For the second year in a row, I started 7th grade History class with a “quiz.” It’s really a series of questions for the students that are designed to give them a chance to tell me about themselves in a private and creative way. They are 7th graders, the most self-absorbed creatures on the planet, and so they very much enjoy the chance to write about themselves. I ask them what superpower they possess; I ask what them what their favorite thing to do is; I ask them where they most like to be and then I ask what place they’d like to visit. I invite them to practice their autograph and then to identify something in history that they’d like to know more about.
7th graders are notoriously difficult and opinionated. I often tell parents that if you survive 7th grade, you’ve made it through the hardest year. Parents in the midst of the struggle nearly always respond with a nod of understanding. 7th graders are less difficult at school then they are at home because the adults at school, no matter how caring, won’t put up with the whining, sharp tongues, and quick frustration that their parents endure. That’s not to say this middle school year is easy, more that its challenges are externalized and are shared by the whole 7th grade community: getting organized; learning to be kind to one another; practicing empathy; seeing beyond the self; learning to cope with adversity.

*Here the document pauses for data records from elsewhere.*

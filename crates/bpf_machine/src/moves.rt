//! Moves: what changes a machine.

use crate::edit::Edit;

/// A step of the program, or an edit by hand.
#[derive(Drop)]
pub enum Move {
    /// The instruction at pc.
    Step,
    /// An edit.
    Edit(Edit),
}
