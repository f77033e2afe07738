//! A timeline is a machine with a journal of its moves.
use bpf_journal::{RingKeeper, Timeline};
use bpf_machine::Cpu;
use std::alloc::Global;

/// A machine with an empty ring.
pub fn timeline(alloc: Global, cpu: Cpu) -> Option<Timeline<RingKeeper>> {
    match RingKeeper::open(alloc, 65_536) {
        Ok(ring) => Some(Timeline::start(cpu, ring)),
        Err(_) => None,
    }
}

/// Takes three steps, and takes them back. Answers how many moves were kept, and where the machine
/// stands behind all. (A step that can't be taken is a fault, and isn't kept.)
pub fn play(timeline: &mut Timeline<RingKeeper>) -> (usize, u16) {
    for _ in 0..3 {
        let _made = timeline.step(true);
    }
    let kept = timeline.len();
    for _ in 0..3 {
        let _taken = timeline.back();
    }
    (kept, timeline.cpu().pc())
}
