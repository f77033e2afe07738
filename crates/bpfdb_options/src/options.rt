//! The options of each run.
use bpfdb_limits::{DEFAULT_JOURNAL, DEFAULT_LIMIT};

/// How a program is run. What a subcommand doesn't have stands as when it is absent.
#[derive(Clone, Copy)]
pub struct Options<'a> {
    /// The journal's size in bytes; one that can be opened has 1,024 to 16,777,216.
    pub journal: u64,
    /// The values that registers have before the first step, as `r1=0x5,r3=context+4`; without it none has
    /// one of its own.
    pub regs: Option<&'a str>,
    /// The most steps of a run or of a command, 1 to 1,000,000,000.
    pub limit: u64,
}

/// The options where each is absent.
pub const NO_OPTIONS: Options<'static> = Options {
    journal: DEFAULT_JOURNAL,
    regs: None,
    limit: DEFAULT_LIMIT,
};
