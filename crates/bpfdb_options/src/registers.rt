//! Machines that gdb may take this one for.
ghost use Rattle.std.specs.Prelude.{◌≡◌, IfNone, IfSome};
ghost use Rattle.bpfdb_options.specs.Registers.{registers_name};

/// The machine that gdb takes this one for.
#[derive(Clone, Copy)]
pub enum Registers {
    /// One for BPF.
    Bpf,
    /// x86-64.
    X86,
    /// RISC-V of 64 bits.
    Riscv,
}

impl Registers {
    /// The machine of this name.
    pub fn named(name: &str) -> Option<Registers>
        ensures found { IfSome result (λ registers. registers_name registers ≡ name.now) }
        ensures none { IfNone result ((registers : Registers) →
            registers_name registers ≡ name.now → ⊥) }
    {
        match name {
            "bpf" => Some(Registers::Bpf),
            "x86" => Some(Registers::X86),
            "riscv" => Some(Registers::Riscv),
            _ => None,
        }
    }
}
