//! An object of clang is linked, or is refused by name.
use bpf_link::{LinkFault, link};
use std::alloc::Global;

/// Why these bytes are no object.
pub fn fault_of_a_text(alloc: Global) -> Option<LinkFault> {
    link(alloc, b"no object", b"xdp").err()
}
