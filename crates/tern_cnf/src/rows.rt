//! The clauses of a node, kind by kind.
ghost use Rattle.std.specs.Prelude.{◌≡◌, ◌+◌, ◌*◌, ◌<◌, ◌≤◌, ◌^◌, Bool, [], ◌∷◌, true, false, ⊤, OnOk};
ghost use Rattle.net_view.specs.View.{Reads};
ghost use Rattle.tern_cnf.specs.Rails.{one_rail, zero_rail, node_clauses};
ghost use Rattle.tern_cnf.specs.Grown.{with_clauses, IsNodeAbove};

use crate::fault::EncodeFault;
use crate::sums::{is_both, is_copy, is_difference, is_either, is_picked};
use crate::writer::{either_fails, either_holds, fails, holds};
use net_view::Gate;
use sat_chain::Clauses;

/// The variables of a node: that it may be 1, and that it may be 0.
#[derive(Clone, Copy)]
struct Rails {
    one: u32,
    zero: u32,
}

#[inline]
fn rails_at(node: u32) -> Rails
    requires { zero_rail node < 2 ^ 31 }
    ensures { result ≡ record { one = one_rail node; zero = zero_rail node } }
{
    Rails {
        one: 2 * node + 1,
        zero: 2 * node + 2,
    }
}

fn constant(out: &mut Clauses, y: u32, bit: bool) -> Result<(), EncodeFault>
    requires { IsNodeAbove y [] out.old.vars }
    ensures { OnOk result (out.new ≡ with_clauses out.old (node_clauses false y (Gate.Const bit))) }
{
    let y = rails_at(y);
    if bit {
        holds(out, y.one)?;
        fails(out, y.zero)
    } else {
        fails(out, y.one)?;
        holds(out, y.zero)
    }
}

fn source(out: &mut Clauses, y: u32, settled: bool) -> Result<(), EncodeFault>
    requires { IsNodeAbove y [] out.old.vars }
    ensures { OnOk result (out.new ≡ with_clauses out.old (node_clauses settled y (Gate.Source 0))) }
{
    let y = rails_at(y);
    either_holds(out, y.one, y.zero)?;
    if settled {
        return either_fails(out, y.one, y.zero);
    }
    Ok(())
}

fn inverter(out: &mut Clauses, y: u32, a: u32) -> Result<(), EncodeFault>
    requires { IsNodeAbove y (a ∷ []) out.old.vars }
    ensures { OnOk result (out.new ≡ with_clauses out.old (node_clauses false y (Gate.Not a))) }
{
    let (y, a) = (rails_at(y), rails_at(a));
    is_copy(out, y.one, a.zero)?;
    is_copy(out, y.zero, a.one)
}

fn conjunction(out: &mut Clauses, y: u32, a: u32, b: u32) -> Result<(), EncodeFault>
    requires { IsNodeAbove y (a ∷ b ∷ []) out.old.vars }
    ensures { OnOk result (out.new ≡ with_clauses out.old (node_clauses false y (Gate.And a b))) }
{
    let (y, a, b) = (rails_at(y), rails_at(a), rails_at(b));
    is_both(out, y.one, a.one, b.one)?;
    is_either(out, y.zero, a.zero, b.zero)
}

fn disjunction(out: &mut Clauses, y: u32, a: u32, b: u32) -> Result<(), EncodeFault>
    requires { IsNodeAbove y (a ∷ b ∷ []) out.old.vars }
    ensures { OnOk result (out.new ≡ with_clauses out.old (node_clauses false y (Gate.Or a b))) }
{
    let (y, a, b) = (rails_at(y), rails_at(a), rails_at(b));
    is_either(out, y.one, a.one, b.one)?;
    is_both(out, y.zero, a.zero, b.zero)
}

fn difference(out: &mut Clauses, y: u32, a: u32, b: u32) -> Result<(), EncodeFault>
    requires { IsNodeAbove y (a ∷ b ∷ []) out.old.vars }
    ensures { OnOk result (out.new ≡ with_clauses out.old (node_clauses false y (Gate.Xor a b))) }
{
    let (y, a, b) = (rails_at(y), rails_at(a), rails_at(b));
    is_difference(out, y.one, a.one, a.zero, b.one, b.zero)?;
    is_difference(out, y.zero, a.one, a.zero, b.zero, b.one)
}

fn selection(out: &mut Clauses, y: u32, pin: u32, a: u32, b: u32) -> Result<(), EncodeFault>
    requires { IsNodeAbove y (pin ∷ a ∷ b ∷ []) out.old.vars }
    ensures { OnOk result (out.new ≡ with_clauses out.old (node_clauses false y (Gate.Pick pin a b))) }
{
    let (y, pin, a, b) = (rails_at(y), rails_at(pin), rails_at(a), rails_at(b));
    is_picked(out, y.one, pin.one, a.one, pin.zero, b.one)?;
    is_picked(out, y.zero, pin.one, a.zero, pin.zero, b.zero)
}

fn lifted(out: &mut Clauses, y: u32, pin: u32, a: u32, reset: bool) -> Result<(), EncodeFault>
    requires { IsNodeAbove y (pin ∷ a ∷ []) out.old.vars }
    ensures { OnOk result (out.new ≡ with_clauses out.old (node_clauses false y (Gate.Lift pin a reset))) }
{
    let (y, pin, a) = (rails_at(y), rails_at(pin), rails_at(a));
    if reset {
        is_either(out, y.one, a.one, pin.one)?;
        is_copy(out, y.zero, a.zero)
    } else {
        is_copy(out, y.one, a.one)?;
        is_either(out, y.zero, a.zero, pin.one)
    }
}

/// The clauses of a node over lower ones. Where it is a source, it may be said to be settled.
pub fn add_node(
    out: &mut Clauses,
    settled: bool,
    y: u32,
    gate: Gate<u32, u32>,
) -> Result<(), EncodeFault>
    requires below { Reads (λ a. a < y) (λ s. ⊤) gate }
    requires room { IsNodeAbove y [] out.old.vars }
    ensures { OnOk result (out.new ≡ with_clauses out.old (node_clauses settled y gate)) }
{
    match gate {
        Gate::Const(bit) => constant(out, y, bit),
        Gate::Source(_) => source(out, y, settled),
        Gate::Not(a) => inverter(out, y, a),
        Gate::And(a, b) => conjunction(out, y, a, b),
        Gate::Or(a, b) => disjunction(out, y, a, b),
        Gate::Xor(a, b) => difference(out, y, a, b),
        Gate::Pick(pin, a, b) => selection(out, y, pin, a, b),
        Gate::Lift(pin, a, reset) => lifted(out, y, pin, a, reset),
    }
}
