//! Clauses of a rail and of one or two lower rails, written in their order.
ghost use Rattle.std.specs.Prelude.{◌≡◌, ◌^◌, ◌<◌, [], ◌∷◌, length, OnOk};
ghost use Rattle.sat_chain.specs.Clause.{IsClause};
ghost use Rattle.tern_cnf.specs.Written.{stated, negated, clause};
ghost use Rattle.tern_cnf.specs.Grown.{with_clauses, IsAbove};

use crate::fault::EncodeFault;
use sat_chain::Clauses;

/// The literal of a variable.
#[inline]
fn positive(v: u32) -> i32
    requires { v < 2 ^ 31 }
    ensures { result ≡ stated v }
{
    v as i32
}

/// The literal of a variable's negation.
#[inline]
fn negative(v: u32) -> i32
    requires { v < 2 ^ 31 }
    ensures { result ≡ negated v }
{
    -(v as i32)
}

/// A further clause.
#[inline]
pub fn add(out: &mut Clauses, lits: &[i32]) -> Result<(), EncodeFault>
    requires some { 0 < length lits.now }
    requires clause { IsClause out.old.vars lits.now }
    ensures { OnOk result (out.new ≡ with_clauses out.old (lits.now ∷ [])) }
{
    match out.add(lits) {
        Ok(_) => Ok(()),
        Err(_) => Err(EncodeFault::Memory),
    }
}

/// A rail holds.
#[tactic(auto, using(crate::proofs::WrittenLemmas::written))]
pub fn holds(out: &mut Clauses, r: u32) -> Result<(), EncodeFault>
    requires { IsAbove r [] out.old.vars }
    ensures { OnOk result (out.new ≡ with_clauses out.old (clause (stated r ∷ []))) }
{
    add(out, &[positive(r)])
}

/// A rail doesn't hold.
#[tactic(auto, using(crate::proofs::WrittenLemmas::written))]
pub fn fails(out: &mut Clauses, r: u32) -> Result<(), EncodeFault>
    requires { IsAbove r [] out.old.vars }
    ensures { OnOk result (out.new ≡ with_clauses out.old (clause (negated r ∷ []))) }
{
    add(out, &[negative(r)])
}

/// One of two rails holds.
#[tactic(auto, using(crate::proofs::WrittenLemmas::written))]
pub fn either_holds(out: &mut Clauses, a: u32, r: u32) -> Result<(), EncodeFault>
    requires { IsAbove r (a ∷ []) out.old.vars }
    ensures { OnOk result (out.new ≡ with_clauses out.old (clause (stated a ∷ stated r ∷ []))) }
{
    add(out, &[positive(a), positive(r)])
}

/// One of two rails doesn't hold.
#[tactic(auto, using(crate::proofs::WrittenLemmas::written))]
pub fn either_fails(out: &mut Clauses, a: u32, r: u32) -> Result<(), EncodeFault>
    requires { IsAbove r (a ∷ []) out.old.vars }
    ensures { OnOk result (out.new ≡ with_clauses out.old (clause (negated a ∷ negated r ∷ []))) }
{
    add(out, &[negative(a), negative(r)])
}

/// Where the lower rail holds, the other does.
#[tactic(auto, using(crate::proofs::WrittenLemmas::written))]
pub fn one_implies(out: &mut Clauses, a: u32, r: u32) -> Result<(), EncodeFault>
    requires { IsAbove r (a ∷ []) out.old.vars }
    ensures { OnOk result (out.new ≡ with_clauses out.old (clause (negated a ∷ stated r ∷ []))) }
{
    add(out, &[negative(a), positive(r)])
}

/// Where the rail holds, the lower one does.
#[tactic(auto, using(crate::proofs::WrittenLemmas::written))]
pub fn implies_one(out: &mut Clauses, a: u32, r: u32) -> Result<(), EncodeFault>
    requires { IsAbove r (a ∷ []) out.old.vars }
    ensures { OnOk result (out.new ≡ with_clauses out.old (clause (stated a ∷ negated r ∷ []))) }
{
    add(out, &[positive(a), negative(r)])
}

/// Where both lower rails hold, the other does.
#[tactic(auto, using(crate::proofs::WrittenLemmas::written))]
pub fn both_imply(out: &mut Clauses, a: u32, b: u32, r: u32) -> Result<(), EncodeFault>
    requires { IsAbove r (a ∷ b ∷ []) out.old.vars }
    ensures { OnOk result (out.new ≡ with_clauses out.old (clause (negated a ∷ negated b ∷ stated r ∷ []))) }
{
    if a < b {
        return add(out, &[negative(a), negative(b), positive(r)]);
    }
    if b < a {
        return add(out, &[negative(b), negative(a), positive(r)]);
    }
    add(out, &[negative(a), positive(r)])
}

/// Where the rail holds, one of the lower two does.
#[tactic(auto, using(crate::proofs::WrittenLemmas::written))]
pub fn implies_either(out: &mut Clauses, a: u32, b: u32, r: u32) -> Result<(), EncodeFault>
    requires { IsAbove r (a ∷ b ∷ []) out.old.vars }
    ensures { OnOk result (out.new ≡ with_clauses out.old (clause (stated a ∷ stated b ∷ negated r ∷ []))) }
{
    if a < b {
        return add(out, &[positive(a), positive(b), negative(r)]);
    }
    if b < a {
        return add(out, &[positive(b), positive(a), negative(r)]);
    }
    add(out, &[positive(a), negative(r)])
}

But the best part of the 7th grade is that underneath the gruff 13-year old exterior lies a maturing child who is increasingly capable of sophisticated thinking, Bit-by-bit they begin to understand the complexity of the world and their place in it. So even when things are difficult, the typical 7th grader has moments of self-less clarity. It is this that I find most charming about 13 year olds.

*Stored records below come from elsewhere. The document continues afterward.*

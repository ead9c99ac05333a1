//! A rail is a sum of products of lower rails.
ghost use Rattle.std.specs.Prelude.{◌≡◌, [], ◌∷◌, OnOk};
ghost use Rattle.tern_cnf.specs.Rails.{is_sum, is_difference};
ghost use Rattle.tern_cnf.specs.Grown.{with_clauses, IsAbove};

use crate::fault::EncodeFault;
use crate::writer::{both_imply, implies_either, implies_one, one_implies};
use sat_chain::Clauses;

/// The rail is another.
#[tactic(auto, using(crate::proofs::RailsLemmas::sums))]
pub fn is_copy(out: &mut Clauses, r: u32, a: u32) -> Result<(), EncodeFault>
    requires { IsAbove r (a ∷ []) out.old.vars }
    ensures { OnOk result (out.new ≡ with_clauses out.old (is_sum r ((a ∷ []) ∷ []))) }
{
    one_implies(out, a, r)?;
    implies_one(out, a, r)
}

/// The rail is a product of two.
#[tactic(auto, using(crate::proofs::RailsLemmas::sums))]
pub fn is_both(out: &mut Clauses, r: u32, a: u32, b: u32) -> Result<(), EncodeFault>
    requires { IsAbove r (a ∷ b ∷ []) out.old.vars }
    ensures { OnOk result (out.new ≡ with_clauses out.old (is_sum r ((a ∷ b ∷ []) ∷ []))) }
{
    both_imply(out, a, b, r)?;
    implies_one(out, a, r)?;
    implies_one(out, b, r)
}

/// The rail is a sum of two.
#[tactic(auto, using(crate::proofs::RailsLemmas::sums))]
pub fn is_either(out: &mut Clauses, r: u32, a: u32, b: u32) -> Result<(), EncodeFault>
    requires { IsAbove r (a ∷ b ∷ []) out.old.vars }
    ensures { OnOk result (out.new ≡ with_clauses out.old (is_sum r ((a ∷ []) ∷ (b ∷ []) ∷ []))) }
{
    one_implies(out, a, r)?;
    one_implies(out, b, r)?;
    implies_either(out, a, b, r)
}

/// The rail is the sum of two products of two.
#[tactic(auto, using(crate::proofs::RailsLemmas::sums))]
pub fn is_picked(
    out: &mut Clauses,
    r: u32,
    s: u32,
    a: u32,
    t: u32,
    b: u32,
) -> Result<(), EncodeFault>
    requires { IsAbove r (s ∷ a ∷ t ∷ b ∷ []) out.old.vars }
    ensures { OnOk result (out.new ≡ with_clauses out.old (is_sum r ((s ∷ a ∷ []) ∷ (t ∷ b ∷ []) ∷ []))) }
{
    both_imply(out, s, a, r)?;
    both_imply(out, t, b, r)?;
    implies_either(out, s, t, r)?;
    implies_either(out, s, b, r)?;
    implies_either(out, a, t, r)?;
    implies_either(out, a, b, r)
}

/// The rail holds where two nodes with these rails differ.
#[tactic(auto, using(crate::proofs::RailsLemmas::sums))]
pub fn is_difference(
    out: &mut Clauses,
    r: u32,
    a_one: u32,
    a_zero: u32,
    b_one: u32,
    b_zero: u32,
) -> Result<(), EncodeFault>
    requires { IsAbove r (a_one ∷ a_zero ∷ b_one ∷ b_zero ∷ []) out.old.vars }
    ensures { OnOk result (out.new ≡ with_clauses out.old (is_difference r a_one a_zero b_one b_zero)) }
{
    both_imply(out, a_one, b_zero, r)?;
    both_imply(out, a_zero, b_one, r)?;
    implies_either(out, a_one, b_one, r)?;
    implies_either(out, a_zero, b_zero, r)
}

Even so, for parents in the midst of the dark moments it is sometimes hard to see the light that is starting to shine. So I suspect that they’ll be pleasantly surprised to learn that when asked, many of the 7th graders in my class identify home with family as their favorite place to be. They wrote that they feel loved and happy there. Perhaps it would surprise families to learn that many of them long to go to a new place in the company of family, the people with whom they most enjoy sharing adventures.
Some of them had “superpowers” that were touching. The shortest child in the 7th grade identified his height as a superpower. One of six twins in the grade told me that being born with another human being was his superpower. Another explained that being able to laugh at anything was her superpower. These are awfully astute observations and evidence of children who know they are blessed.
13 year-olds may be bigger, more opinionated, and more combative than 6 year-olds but their most super power is that there is still a lovely child inside. I’m so glad that these 7th graders are mine to cultivate, enjoy, and sometimes bemoan. Because my superpower is them.